┌────────

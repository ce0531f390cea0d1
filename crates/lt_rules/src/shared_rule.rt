//! Rules that stand in two lists.
ghost use Rattle.std.specs.Prelude.{◌≡◌, IfOk};
ghost use Rattle.lt_rules.specs.Told.{rule_told};

use crate::rule::TransferRule;
use lt_hol::{Memory, TryCopy};
use std::alloc::Global;
use std::marker::Model;
use std::rc::Rc;

/// A rule whose copies share it, so that a copy takes constant time.
#[derive(Debug, Drop)]
pub(crate) struct SharedRule {
    rule: Rc<TransferRule>,
}

impl Model for SharedRule {
    ghost use Rattle.lt_transport_definitions.specs.RuleForm.{TransferRule};
    ghost use Rattle.std.specs.Coded.{codes};
    ghost use Rattle.lt_types.specs.Codes.{coded_type};
    ghost use Rattle.lt_terms.specs.Codes.{coded_term};
    ghost use Rattle.lt_expressions.specs.Codes.{coded_relation};

    ghost Value = { TransferRule };

    ghost coded = { Prim.hlevel (codes, coded_type, coded_term, coded_relation) };

    ghost use Rattle.lt_rules.specs.Told.{rule_told};

    ghost view = { λ r. rule_told r.rule.value };
}

impl SharedRule {
    /// A rule that is to be shared.
    pub(crate) fn new(alloc: Global, rule: TransferRule) -> Result<SharedRule, Memory>
        ensures { IfOk result (λ r. r ≡ rule_told rule) }
    {
        Ok(SharedRule {
            rule: Rc::new(alloc, rule)?,
        })
    }

    /// The rule.
    pub(crate) fn rule(&self) -> &TransferRule
        ensures { rule_told result.now ≡ self.now }
    {
        self.rule.as_ref()
    }
}

impl TryCopy for SharedRule {
    fn copy(&self, _alloc: Global) -> Result<SharedRule, Memory> {
        Ok(SharedRule {
            rule: self.rule.clone()?,
        })
    }
}
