//! Which rules fit type arguments of their constant.
ghost use Rattle.std.specs.Prelude.{◌≡◌, [], ◌∷◌, ◌++◌, false, if◌then◌else◌, IfOk, MatchOption};
ghost use Rattle.lt_definitions.specs.Types.{type_constructor, row};
ghost use Rattle.lt_transport_definitions.specs.Candidates.{fits, candidates};
ghost use Rattle.lt_rules.specs.Told.{rule_told};
ghost use Rattle.lt_rules.specs.Fitting.{IsFit};

use crate::rule::TransferRule;
use crate::rule_base::RuleBase;
use crate::rule_list::RuleList;
use crate::shared_rule::SharedRule;
use lt_hol::{Memory, Name, TryCopy, Ty, TyMap, Tys, match_type};
use std::alloc::Global;

/// The map that makes the rule's pattern the type arguments, on the pattern's type variables in
/// order of first appearance; None where there is none.
///
/// It takes time linear in both.
pub fn fits(alloc: Global, rule: &TransferRule, types: &Tys) -> Result<Option<TyMap>, Memory>
    ensures { IfOk result (λ o. MatchOption o
        (fits rule.now.constant types.now (rule_told rule.now) ≡ false)
        (IsFit (rule_told rule.now) types.now)) }
{
    let pattern = applied(alloc, &rule.constant, &rule.pattern)?;
    let ty = applied(alloc, &rule.constant, types)?;
    Ok(match_type(alloc, &pattern, &ty)?)
}

/// A constant with type arguments, as a type constructor with them.
fn applied(alloc: Global, constant: &Name, types: &Tys) -> Result<Ty, Memory>
    ensures { IfOk result (λ t. t ≡ type_constructor constant.now (row types.now)) }
{
    Ty::con(alloc, constant.copy(alloc)?, types.copy(alloc)?)
}

impl RuleBase {
    /// The rules that may be chosen for a constant with these type arguments: those that fit, in
    /// order of registration. Where there is none, equality is the one candidate.
    ///
    /// It takes time linear in the patterns of the constant's rules, and for each in the types.
    pub fn candidates_at(
        &self,
        alloc: Global,
        constant: &Name,
        types: &Tys,
    ) -> Result<RuleList, Memory>
        ensures { IfOk result (λ rules. rules ≡ candidates self.now constant.now types.now) }
    {
        let all = self.candidates(constant);
        let mut fitting = RuleList::new(alloc);
        for i in 0..all.len() {
            fitting = with_fitting(alloc, fitting, all.shared(i), types)?;
        }
        Ok(fitting)
    }
}

/// The rules with one more, where it fits.
fn with_fitting(
    alloc: Global,
    rules: RuleList,
    rule: &SharedRule,
    types: &Tys,
) -> Result<RuleList, Memory>
    ensures { IfOk result (λ more. more ≡ rules
        ++ (if fits rule.now.constant types.now rule.now then rule.now ∷ [] else [])) }
{
    let mut rules = rules;
    if is_fitting(alloc, rule, types)? {
        rules.push(rule.copy(alloc)?)?;
    }
    Ok(rules)
}

/// Whether a rule fits.
fn is_fitting(alloc: Global, rule: &SharedRule, types: &Tys) -> Result<bool, Memory>
    ensures { IfOk result (λ b. b ≡ fits rule.now.constant types.now rule.now) }
{
    match fits(alloc, rule.rule(), types)? {
        Some(_) => Ok(true),
        None => Ok(false),
    }
}
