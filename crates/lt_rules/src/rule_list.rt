//! Lists of rules.
ghost use Rattle.std.specs.Prelude.{◌≡◌, ◌<◌, [], ◌∷◌, ◌++◌, length, slice_get, Some, OnOk, OnErr};
ghost use Rattle.lt_rules.specs.Told.{rule_told};
ghost use Rattle.lt_rules.specs.RuleIndexes.{without_last};

use crate::rule::TransferRule;
use crate::shared_rule::SharedRule;
use lt_hol::Memory;
use std::alloc::Global;
use std::marker::Model;

/// Rules in order, which contracts see as a list of the definitions' rules.
#[derive(Debug, Drop)]
pub struct RuleList {
    rules: Vec<SharedRule>,
}

impl Model for RuleList {
    ghost use Rattle.std.specs.Prelude.{List};
    ghost use Rattle.lt_transport_definitions.specs.RuleForm.{TransferRule};
    ghost use Rattle.std.specs.Coded.{coded_list, codes};
    ghost use Rattle.lt_types.specs.Codes.{coded_type};
    ghost use Rattle.lt_terms.specs.Codes.{coded_term};
    ghost use Rattle.lt_expressions.specs.Codes.{coded_relation};

    ghost Value = { List TransferRule };

    ghost coded = { coded_list (Prim.hlevel (codes, coded_type, coded_term, coded_relation)) };

    ghost view = { λ l. l.rules.items };
}

impl RuleList {
    /// No rules.
    pub(crate) fn new(alloc: Global) -> RuleList
        ensures { result ≡ [] }
    {
        RuleList {
            rules: Vec::new(alloc),
        }
    }

    /// How many rules there are.
    pub fn len(&self) -> usize
        ensures { result ≡ length self.now }
    {
        self.rules.len()
    }

    /// The rule at a place, from 0.
    pub fn at(&self, i: usize) -> &TransferRule
        requires { i < length self.now }
        ensures { slice_get self.now i ≡ Some (rule_told result.now) }
    {
        self.shared(i).rule()
    }

    /// The rule at a place, to be shared.
    pub(crate) fn shared(&self, i: usize) -> &SharedRule
        requires { i < length self.now }
        ensures { slice_get self.now i ≡ Some result.now }
    {
        &self.rules[i]
    }

    /// Adds a rule at the end.
    pub(crate) fn push(&mut self, rule: SharedRule) -> Result<(), Memory>
        ensures ok { OnOk result (self.new ≡ self.old ++ rule ∷ []) }
        ensures err { OnErr result (self.new ≡ self.old) }
    {
        self.rules.push(rule)?;
        Ok(())
    }

    /// Drops the last rule, if there is one.
    pub(crate) fn drop_last(&mut self)
        ensures { self.new ≡ without_last self.old }
    {
        self.rules.pop();
    }
}
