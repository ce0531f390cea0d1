//! The rules that are registered.
ghost use Rattle.std.specs.Prelude.{◌≡◌, ◌<◌, ◌-◌, [], ◌∷◌, ◌++◌, length, take, slice_get, Some, None, false, IfOk, OnOk, OnErr};
ghost use Rattle.lt_rules.specs.Told.{rule_told};
ghost use Rattle.lt_rules.specs.RuleIndexes.{rules_of, without_last};
ghost use Rattle.lt_rules.specs.Registering.{has_label, with_rule, label_fault, Registers};

use crate::rule::TransferRule;
use crate::rule_index::RuleIndex;
use crate::rule_list::RuleList;
use crate::rule_read_fault::RuleReadFault;
use crate::shared_rule::SharedRule;
use indexmap::IndexMap;
use lt_hol::{Memory, Name, TryCopy};
use std::alloc::Global;
use std::marker::Model;

/// The registered rules, which contracts see as the list of them in order of registration; no label
/// has two.
///
/// A look-up by constant, by label or by number takes constant time.
#[derive(Debug, Drop)]
pub struct RuleBase {
    /// By their labels, in order of registration.
    rules: IndexMap<Name, SharedRule>,
    by_constant: RuleIndex,
}

impl Model for RuleBase {
    ghost use Rattle.std.specs.Prelude.{List};
    ghost use Rattle.lt_transport_definitions.specs.RuleForm.{TransferRule};
    ghost use Rattle.std.specs.Coded.{coded_list, codes};
    ghost use Rattle.lt_types.specs.Codes.{coded_type};
    ghost use Rattle.lt_terms.specs.Codes.{coded_term};
    ghost use Rattle.lt_expressions.specs.Codes.{coded_relation};
    ghost use Rattle.lt_relations.specs.Tables.{AreKeyed};
    ghost use Rattle.lt_rules.specs.RuleIndexes.{things, IsIndex};

    ghost Value = { List TransferRule };

    ghost coded = { coded_list (Prim.hlevel (codes, coded_type, coded_term, coded_relation)) };

    ghost view = { λ b. things b.rules.entries };

    ghost invariant = { λ b. AreKeyed (λ r. r.label) b.rules.entries
        × IsIndex b.by_constant (things b.rules.entries) };
}

impl RuleBase {
    /// No rules.
    pub fn new(alloc: Global) -> Result<RuleBase, Memory>
        ensures { IfOk result (λ b. b ≡ []) }
    {
        Ok(RuleBase {
            rules: IndexMap::new(alloc),
            by_constant: RuleIndex::new(alloc),
        })
    }

    /// How many rules are registered.
    pub fn rule_count(&self) -> usize
        ensures { result ≡ length self.now }
    {
        self.rules.len()
    }

    /// The rule at a place in the order of registration, from 0.
    pub fn rule_at(&self, i: usize) -> &TransferRule
        requires { i < length self.now }
        ensures { slice_get self.now i ≡ Some (rule_told result.now) }
    {
        self.shared(i).rule()
    }

    /// The same rule, to be shared.
    fn shared(&self, i: usize) -> &SharedRule
        requires { i < length self.now }
        ensures { slice_get self.now i ≡ Some result.now }
    {
        match self.rules.get_index(i) {
            Some((_, rule)) => rule,
            None => unreachable!(),
        }
    }

    /// The rules of a constant, in order of registration.
    pub fn candidates(&self, constant: &Name) -> &RuleList
        ensures { result.now ≡ rules_of self.now constant.now }
    {
        self.by_constant.get(constant)
    }

    /// Whether a rule has the label.
    pub fn has_label(&self, label: &Name) -> bool
        ensures { result ≡ has_label self.now label.now }
    {
        self.rules.get(label).is_some()
    }

    /// Registers a rule that has its form. `Duplicate` where its label has one.
    pub fn add_rule(&mut self, alloc: Global, rule: TransferRule) -> Result<(), RuleReadFault>
        ensures { Registers (label_fault self.old rule.label) self.old self.new
            (with_rule (rule_told rule) self.old) result }
    {
        if self.has_label(&rule.label) {
            return Err(RuleReadFault::Duplicate(rule.label.copy(alloc)?));
        }
        self.keep_rule(alloc, rule)?;
        Ok(())
    }

    /// Registers a rule that has its form, unless its label has one.
    pub fn keep_rule(&mut self, alloc: Global, rule: TransferRule) -> Result<(), Memory>
        ensures ok { OnOk result (self.new ≡ with_rule (rule_told rule) self.old) }
        ensures err { OnErr result (self.new ≡ self.old) }
    {
        if self.has_label(&rule.label) {
            return Ok(());
        }
        let rule = SharedRule::new(alloc, rule)?;
        self.put(alloc, rule)?;
        Ok(())
    }

    /// Registers a rule whose label has none.
    fn put(&mut self, alloc: Global, rule: SharedRule) -> Result<(), Memory>
        requires { has_label self.old rule.label ≡ false }
        ensures ok { OnOk result (self.new ≡ self.old ++ rule ∷ []) }
        ensures err { OnErr result (self.new ≡ self.old) }
    {
        let count = self.rules.len();
        let label = rule.rule().label.copy(alloc)?;
        let constant = rule.rule().constant.copy(alloc)?;
        self.rules.insert(label, rule.copy(alloc)?)?;
        match self.by_constant.add(alloc, constant, rule) {
            Ok(()) => Ok(()),
            Err(fault) => {
                self.rules.truncate(count);
                Err(fault)
            }
        }
    }

    /// How many registrations there are.
    pub fn mark(&self) -> usize
        ensures { result ≡ length self.now }
    {
        self.rule_count()
    }

    /// Drops the registrations behind the mark. It takes time linear in what is dropped.
    pub fn back(&mut self, mark: usize)
        ensures { self.new ≡ take mark self.old }
    {
        for _ in mark..self.rule_count() {
            self.drop_last();
        }
    }

    /// Drops the last registration, if there is one.
    fn drop_last(&mut self)
        ensures { self.new ≡ without_last self.old }
    {
        match self.rules.pop() {
            Some((_, rule)) => self.by_constant.drop_last(&rule.rule().constant),
            None => {}
        }
    }
}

└────────

Write the opening line of the data above and every line after it, exactly, stopping once you have written the line with "impl Model for SharedRule".

■ Response
repository ce0531f390cea0d1
filename crates/lt_rules/src/shared_rule.rt
//! Rules that stand in two lists.
ghost use Rattle.std.specs.Prelude.{◌≡◌, IfOk};
ghost use Rattle.lt_rules.specs.Told.{rule_told};

use crate::rule::TransferRule;
use lt_hol::{Memory, TryCopy};
use std::alloc::Global;
use std::marker::Model;
use std::rc::Rc;

/// A rule whose copies share it, so that a copy takes constant time.
#[derive(Debug, Drop)]
pub(crate) struct SharedRule {
    rule: Rc<TransferRule>,
}

impl Model for SharedRule {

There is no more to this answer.